[[ EXCERPTED DATA, beginning ]]
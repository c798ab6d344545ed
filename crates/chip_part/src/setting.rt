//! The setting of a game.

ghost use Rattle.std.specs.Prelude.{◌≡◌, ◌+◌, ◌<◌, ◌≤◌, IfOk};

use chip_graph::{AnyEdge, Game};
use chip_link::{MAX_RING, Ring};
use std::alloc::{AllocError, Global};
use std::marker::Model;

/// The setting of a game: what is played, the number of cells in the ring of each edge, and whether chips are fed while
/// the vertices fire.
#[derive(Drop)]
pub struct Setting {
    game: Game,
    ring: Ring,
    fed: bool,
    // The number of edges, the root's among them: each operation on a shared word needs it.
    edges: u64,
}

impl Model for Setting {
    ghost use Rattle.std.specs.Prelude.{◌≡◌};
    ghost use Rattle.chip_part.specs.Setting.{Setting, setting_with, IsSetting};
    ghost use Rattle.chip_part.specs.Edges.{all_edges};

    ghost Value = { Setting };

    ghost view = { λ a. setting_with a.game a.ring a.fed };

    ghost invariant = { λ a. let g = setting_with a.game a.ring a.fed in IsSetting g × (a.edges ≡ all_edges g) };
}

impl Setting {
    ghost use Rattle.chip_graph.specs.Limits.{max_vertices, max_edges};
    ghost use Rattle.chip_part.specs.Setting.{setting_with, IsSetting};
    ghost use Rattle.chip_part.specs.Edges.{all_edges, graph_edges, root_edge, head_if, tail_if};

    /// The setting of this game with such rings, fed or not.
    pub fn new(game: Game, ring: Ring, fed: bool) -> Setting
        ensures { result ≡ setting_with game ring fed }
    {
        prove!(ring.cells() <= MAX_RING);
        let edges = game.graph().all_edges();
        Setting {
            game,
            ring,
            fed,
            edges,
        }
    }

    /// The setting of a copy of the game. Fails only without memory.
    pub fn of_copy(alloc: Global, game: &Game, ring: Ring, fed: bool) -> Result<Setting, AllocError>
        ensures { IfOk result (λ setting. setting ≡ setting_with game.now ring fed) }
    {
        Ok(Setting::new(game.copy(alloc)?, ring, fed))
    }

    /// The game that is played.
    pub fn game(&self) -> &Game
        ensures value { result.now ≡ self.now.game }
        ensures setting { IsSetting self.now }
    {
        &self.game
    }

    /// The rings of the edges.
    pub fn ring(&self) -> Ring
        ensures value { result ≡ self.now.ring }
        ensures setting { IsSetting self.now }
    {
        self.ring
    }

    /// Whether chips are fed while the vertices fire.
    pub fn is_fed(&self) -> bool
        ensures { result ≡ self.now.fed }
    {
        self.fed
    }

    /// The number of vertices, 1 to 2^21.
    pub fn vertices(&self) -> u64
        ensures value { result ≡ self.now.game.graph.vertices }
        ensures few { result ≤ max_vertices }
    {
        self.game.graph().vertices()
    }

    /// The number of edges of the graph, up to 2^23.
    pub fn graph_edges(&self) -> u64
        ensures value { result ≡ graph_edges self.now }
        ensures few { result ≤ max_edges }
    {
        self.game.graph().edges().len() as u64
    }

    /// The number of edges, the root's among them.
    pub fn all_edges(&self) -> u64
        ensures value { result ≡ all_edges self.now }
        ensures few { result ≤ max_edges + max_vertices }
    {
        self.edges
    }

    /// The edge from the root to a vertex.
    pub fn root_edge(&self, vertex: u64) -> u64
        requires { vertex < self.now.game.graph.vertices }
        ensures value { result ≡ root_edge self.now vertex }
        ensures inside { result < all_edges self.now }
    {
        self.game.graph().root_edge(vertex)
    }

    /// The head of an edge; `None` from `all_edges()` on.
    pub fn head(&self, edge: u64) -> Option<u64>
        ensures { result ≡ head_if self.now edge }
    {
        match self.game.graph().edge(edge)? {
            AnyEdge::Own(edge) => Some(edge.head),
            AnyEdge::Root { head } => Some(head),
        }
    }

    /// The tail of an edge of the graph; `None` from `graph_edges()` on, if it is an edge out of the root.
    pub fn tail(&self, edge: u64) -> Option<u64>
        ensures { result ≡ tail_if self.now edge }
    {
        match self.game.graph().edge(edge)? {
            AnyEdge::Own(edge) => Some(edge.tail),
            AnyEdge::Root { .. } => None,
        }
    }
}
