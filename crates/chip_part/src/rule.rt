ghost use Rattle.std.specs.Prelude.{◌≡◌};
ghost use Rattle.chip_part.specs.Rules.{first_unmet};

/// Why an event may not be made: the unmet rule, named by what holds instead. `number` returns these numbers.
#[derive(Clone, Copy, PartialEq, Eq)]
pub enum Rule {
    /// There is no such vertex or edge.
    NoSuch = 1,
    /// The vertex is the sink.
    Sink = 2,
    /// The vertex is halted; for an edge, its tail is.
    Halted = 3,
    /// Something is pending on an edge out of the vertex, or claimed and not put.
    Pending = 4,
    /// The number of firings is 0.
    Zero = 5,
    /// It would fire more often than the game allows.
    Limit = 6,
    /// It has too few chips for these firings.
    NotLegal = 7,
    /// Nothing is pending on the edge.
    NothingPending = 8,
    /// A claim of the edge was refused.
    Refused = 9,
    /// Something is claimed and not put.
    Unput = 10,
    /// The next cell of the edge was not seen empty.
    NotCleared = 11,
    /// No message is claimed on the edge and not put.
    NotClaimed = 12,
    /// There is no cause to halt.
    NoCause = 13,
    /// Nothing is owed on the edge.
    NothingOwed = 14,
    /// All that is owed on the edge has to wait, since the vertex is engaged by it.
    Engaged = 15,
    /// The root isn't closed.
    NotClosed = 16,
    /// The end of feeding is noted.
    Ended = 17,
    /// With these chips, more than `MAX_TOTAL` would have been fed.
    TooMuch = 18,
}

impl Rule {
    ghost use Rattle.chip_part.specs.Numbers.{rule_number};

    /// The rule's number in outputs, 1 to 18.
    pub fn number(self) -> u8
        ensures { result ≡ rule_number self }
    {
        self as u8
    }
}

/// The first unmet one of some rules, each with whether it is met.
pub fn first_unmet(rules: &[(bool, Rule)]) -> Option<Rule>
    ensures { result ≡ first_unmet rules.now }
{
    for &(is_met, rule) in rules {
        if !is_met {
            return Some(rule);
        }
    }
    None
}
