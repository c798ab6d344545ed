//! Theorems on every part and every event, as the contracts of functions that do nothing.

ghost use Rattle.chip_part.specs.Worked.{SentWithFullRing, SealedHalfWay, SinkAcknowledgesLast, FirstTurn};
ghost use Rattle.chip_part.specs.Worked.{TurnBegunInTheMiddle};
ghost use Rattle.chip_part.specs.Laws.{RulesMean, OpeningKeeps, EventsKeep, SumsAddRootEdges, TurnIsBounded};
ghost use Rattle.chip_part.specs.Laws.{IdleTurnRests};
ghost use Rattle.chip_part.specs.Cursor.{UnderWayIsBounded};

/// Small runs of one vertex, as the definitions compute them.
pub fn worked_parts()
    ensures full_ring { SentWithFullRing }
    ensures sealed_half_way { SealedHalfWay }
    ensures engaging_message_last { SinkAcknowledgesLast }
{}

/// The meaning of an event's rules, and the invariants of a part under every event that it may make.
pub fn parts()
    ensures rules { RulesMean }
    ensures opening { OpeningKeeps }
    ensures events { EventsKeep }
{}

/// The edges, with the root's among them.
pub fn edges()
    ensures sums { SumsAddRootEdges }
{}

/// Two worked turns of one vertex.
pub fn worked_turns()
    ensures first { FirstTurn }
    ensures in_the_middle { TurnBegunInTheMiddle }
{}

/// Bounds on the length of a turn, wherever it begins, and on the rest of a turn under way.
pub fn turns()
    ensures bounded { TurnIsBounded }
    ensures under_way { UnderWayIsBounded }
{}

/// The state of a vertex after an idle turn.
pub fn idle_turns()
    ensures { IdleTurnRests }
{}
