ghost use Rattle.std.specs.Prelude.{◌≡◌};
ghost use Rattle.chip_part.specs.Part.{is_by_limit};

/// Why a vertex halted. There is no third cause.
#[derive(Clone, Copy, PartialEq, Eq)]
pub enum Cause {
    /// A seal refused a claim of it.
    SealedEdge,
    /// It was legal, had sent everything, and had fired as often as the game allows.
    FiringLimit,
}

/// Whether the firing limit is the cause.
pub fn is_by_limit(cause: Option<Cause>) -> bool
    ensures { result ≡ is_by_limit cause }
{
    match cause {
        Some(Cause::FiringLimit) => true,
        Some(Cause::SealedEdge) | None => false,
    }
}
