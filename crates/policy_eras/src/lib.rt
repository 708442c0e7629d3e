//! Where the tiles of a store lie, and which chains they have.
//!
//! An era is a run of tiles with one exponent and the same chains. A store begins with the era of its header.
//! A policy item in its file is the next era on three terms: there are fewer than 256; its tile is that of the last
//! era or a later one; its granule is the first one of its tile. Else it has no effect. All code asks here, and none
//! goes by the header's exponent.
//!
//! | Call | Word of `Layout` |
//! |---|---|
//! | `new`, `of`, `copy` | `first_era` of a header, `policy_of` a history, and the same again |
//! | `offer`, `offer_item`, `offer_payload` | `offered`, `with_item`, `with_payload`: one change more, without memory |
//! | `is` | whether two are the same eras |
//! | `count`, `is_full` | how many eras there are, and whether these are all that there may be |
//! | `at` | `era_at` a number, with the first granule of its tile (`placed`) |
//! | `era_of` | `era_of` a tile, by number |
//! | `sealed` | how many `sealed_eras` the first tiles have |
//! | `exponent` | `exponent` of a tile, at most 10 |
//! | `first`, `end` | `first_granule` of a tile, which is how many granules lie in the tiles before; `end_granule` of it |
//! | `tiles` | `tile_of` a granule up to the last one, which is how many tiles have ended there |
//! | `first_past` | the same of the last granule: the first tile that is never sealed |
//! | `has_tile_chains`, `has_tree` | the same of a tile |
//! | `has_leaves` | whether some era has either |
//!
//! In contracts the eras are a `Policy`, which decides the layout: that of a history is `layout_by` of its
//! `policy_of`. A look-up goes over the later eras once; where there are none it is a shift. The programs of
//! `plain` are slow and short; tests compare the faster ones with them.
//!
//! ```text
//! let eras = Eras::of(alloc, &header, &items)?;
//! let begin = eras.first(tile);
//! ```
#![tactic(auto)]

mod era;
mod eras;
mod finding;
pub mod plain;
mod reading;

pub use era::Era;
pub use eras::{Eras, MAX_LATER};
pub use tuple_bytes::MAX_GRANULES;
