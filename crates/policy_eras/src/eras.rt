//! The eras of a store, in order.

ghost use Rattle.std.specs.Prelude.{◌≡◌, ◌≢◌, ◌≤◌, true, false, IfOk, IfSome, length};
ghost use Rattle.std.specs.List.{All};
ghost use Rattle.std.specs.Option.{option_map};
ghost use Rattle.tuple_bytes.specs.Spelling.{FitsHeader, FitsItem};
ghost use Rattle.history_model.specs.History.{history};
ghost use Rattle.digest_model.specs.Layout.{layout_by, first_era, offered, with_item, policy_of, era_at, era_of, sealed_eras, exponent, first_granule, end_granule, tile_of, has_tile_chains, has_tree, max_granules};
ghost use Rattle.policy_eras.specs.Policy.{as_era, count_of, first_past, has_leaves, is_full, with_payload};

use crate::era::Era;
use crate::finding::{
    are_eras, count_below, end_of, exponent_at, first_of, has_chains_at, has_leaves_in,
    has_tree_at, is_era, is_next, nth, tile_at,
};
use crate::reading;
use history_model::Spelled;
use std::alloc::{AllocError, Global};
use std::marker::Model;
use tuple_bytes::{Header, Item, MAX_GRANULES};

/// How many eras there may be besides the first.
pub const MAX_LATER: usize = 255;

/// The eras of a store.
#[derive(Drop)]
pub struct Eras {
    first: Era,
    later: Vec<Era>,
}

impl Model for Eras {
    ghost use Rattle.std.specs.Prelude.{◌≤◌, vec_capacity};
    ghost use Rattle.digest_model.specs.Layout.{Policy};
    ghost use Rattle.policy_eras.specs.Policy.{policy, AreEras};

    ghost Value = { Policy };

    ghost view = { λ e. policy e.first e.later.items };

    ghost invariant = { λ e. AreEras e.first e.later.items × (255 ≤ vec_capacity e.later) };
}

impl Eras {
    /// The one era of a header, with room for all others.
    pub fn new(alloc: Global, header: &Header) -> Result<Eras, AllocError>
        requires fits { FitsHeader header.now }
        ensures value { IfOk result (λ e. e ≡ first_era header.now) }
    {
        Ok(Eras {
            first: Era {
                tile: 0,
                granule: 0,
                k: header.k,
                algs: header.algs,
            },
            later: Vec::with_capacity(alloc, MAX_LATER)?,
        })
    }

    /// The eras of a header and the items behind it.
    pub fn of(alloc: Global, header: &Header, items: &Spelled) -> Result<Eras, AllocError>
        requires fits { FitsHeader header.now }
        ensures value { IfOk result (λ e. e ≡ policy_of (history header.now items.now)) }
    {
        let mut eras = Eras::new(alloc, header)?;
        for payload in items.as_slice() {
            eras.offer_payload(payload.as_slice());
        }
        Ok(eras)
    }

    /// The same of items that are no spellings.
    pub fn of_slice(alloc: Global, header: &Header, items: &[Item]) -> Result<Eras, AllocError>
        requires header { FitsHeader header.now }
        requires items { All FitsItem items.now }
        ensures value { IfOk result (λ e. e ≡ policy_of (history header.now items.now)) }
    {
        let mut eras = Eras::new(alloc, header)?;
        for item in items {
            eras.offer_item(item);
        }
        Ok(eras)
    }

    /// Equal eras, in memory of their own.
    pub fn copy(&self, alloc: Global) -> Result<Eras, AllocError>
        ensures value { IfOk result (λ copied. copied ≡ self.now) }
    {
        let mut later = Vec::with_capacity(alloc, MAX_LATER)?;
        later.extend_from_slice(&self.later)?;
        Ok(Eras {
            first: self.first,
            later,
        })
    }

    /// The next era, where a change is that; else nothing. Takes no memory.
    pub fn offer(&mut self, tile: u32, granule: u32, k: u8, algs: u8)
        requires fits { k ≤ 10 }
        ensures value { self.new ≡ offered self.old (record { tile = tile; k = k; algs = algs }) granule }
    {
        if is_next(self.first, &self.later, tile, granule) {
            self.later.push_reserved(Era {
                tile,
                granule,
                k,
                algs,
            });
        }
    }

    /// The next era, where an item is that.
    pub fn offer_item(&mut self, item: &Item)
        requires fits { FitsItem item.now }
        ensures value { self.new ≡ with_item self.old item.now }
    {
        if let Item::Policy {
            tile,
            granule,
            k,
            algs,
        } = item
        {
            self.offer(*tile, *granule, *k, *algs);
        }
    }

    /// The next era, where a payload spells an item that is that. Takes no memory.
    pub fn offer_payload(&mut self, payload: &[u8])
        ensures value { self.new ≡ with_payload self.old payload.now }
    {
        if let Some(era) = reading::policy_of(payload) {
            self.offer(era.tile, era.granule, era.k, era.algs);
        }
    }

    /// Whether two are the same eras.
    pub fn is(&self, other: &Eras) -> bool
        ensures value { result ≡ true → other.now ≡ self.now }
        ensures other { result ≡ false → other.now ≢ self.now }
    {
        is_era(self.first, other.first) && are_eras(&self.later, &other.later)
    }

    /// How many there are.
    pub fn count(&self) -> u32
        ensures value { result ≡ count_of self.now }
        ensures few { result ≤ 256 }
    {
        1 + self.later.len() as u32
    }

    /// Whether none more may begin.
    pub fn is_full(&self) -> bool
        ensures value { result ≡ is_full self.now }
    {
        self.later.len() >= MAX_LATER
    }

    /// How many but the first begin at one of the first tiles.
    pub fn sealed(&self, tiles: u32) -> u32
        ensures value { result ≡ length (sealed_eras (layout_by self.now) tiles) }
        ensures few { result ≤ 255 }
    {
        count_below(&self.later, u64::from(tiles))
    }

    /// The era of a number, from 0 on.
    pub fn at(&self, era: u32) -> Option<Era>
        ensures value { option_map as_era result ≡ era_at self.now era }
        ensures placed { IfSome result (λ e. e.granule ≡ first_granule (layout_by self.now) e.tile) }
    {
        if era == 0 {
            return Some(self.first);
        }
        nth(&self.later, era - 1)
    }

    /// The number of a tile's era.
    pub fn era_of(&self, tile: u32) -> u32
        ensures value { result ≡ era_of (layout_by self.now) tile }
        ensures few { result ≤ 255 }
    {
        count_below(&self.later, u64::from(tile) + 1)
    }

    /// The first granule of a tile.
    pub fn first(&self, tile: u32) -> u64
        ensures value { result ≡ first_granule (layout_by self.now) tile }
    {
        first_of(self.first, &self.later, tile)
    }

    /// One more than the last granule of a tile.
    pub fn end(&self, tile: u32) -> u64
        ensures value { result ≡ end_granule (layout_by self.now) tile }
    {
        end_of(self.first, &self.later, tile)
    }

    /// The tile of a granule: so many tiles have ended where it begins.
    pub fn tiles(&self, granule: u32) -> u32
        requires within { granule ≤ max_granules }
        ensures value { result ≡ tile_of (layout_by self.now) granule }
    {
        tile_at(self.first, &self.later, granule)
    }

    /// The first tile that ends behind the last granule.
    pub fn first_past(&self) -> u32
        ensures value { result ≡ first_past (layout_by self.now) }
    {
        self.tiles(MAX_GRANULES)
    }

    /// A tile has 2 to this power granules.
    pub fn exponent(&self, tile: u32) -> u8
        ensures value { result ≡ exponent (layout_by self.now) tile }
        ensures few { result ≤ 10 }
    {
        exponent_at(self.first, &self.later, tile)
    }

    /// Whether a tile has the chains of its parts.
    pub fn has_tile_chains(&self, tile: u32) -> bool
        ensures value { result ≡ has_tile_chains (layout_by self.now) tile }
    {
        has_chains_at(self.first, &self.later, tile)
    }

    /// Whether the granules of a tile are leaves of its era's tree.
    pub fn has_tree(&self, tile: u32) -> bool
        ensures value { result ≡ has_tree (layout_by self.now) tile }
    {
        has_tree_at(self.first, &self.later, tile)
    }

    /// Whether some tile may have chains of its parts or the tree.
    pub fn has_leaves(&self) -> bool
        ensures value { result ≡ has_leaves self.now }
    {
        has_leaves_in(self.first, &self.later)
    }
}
[[ EXCERPTED DATA, end ]]
● **ABOUT THIS TASK**
From the records above, copy every line that holds the word "often".

● **FINISHED TASK**
    /// It would fire more often than the game allows.
    /// It was legal, had sent everything, and had fired as often as the game allows.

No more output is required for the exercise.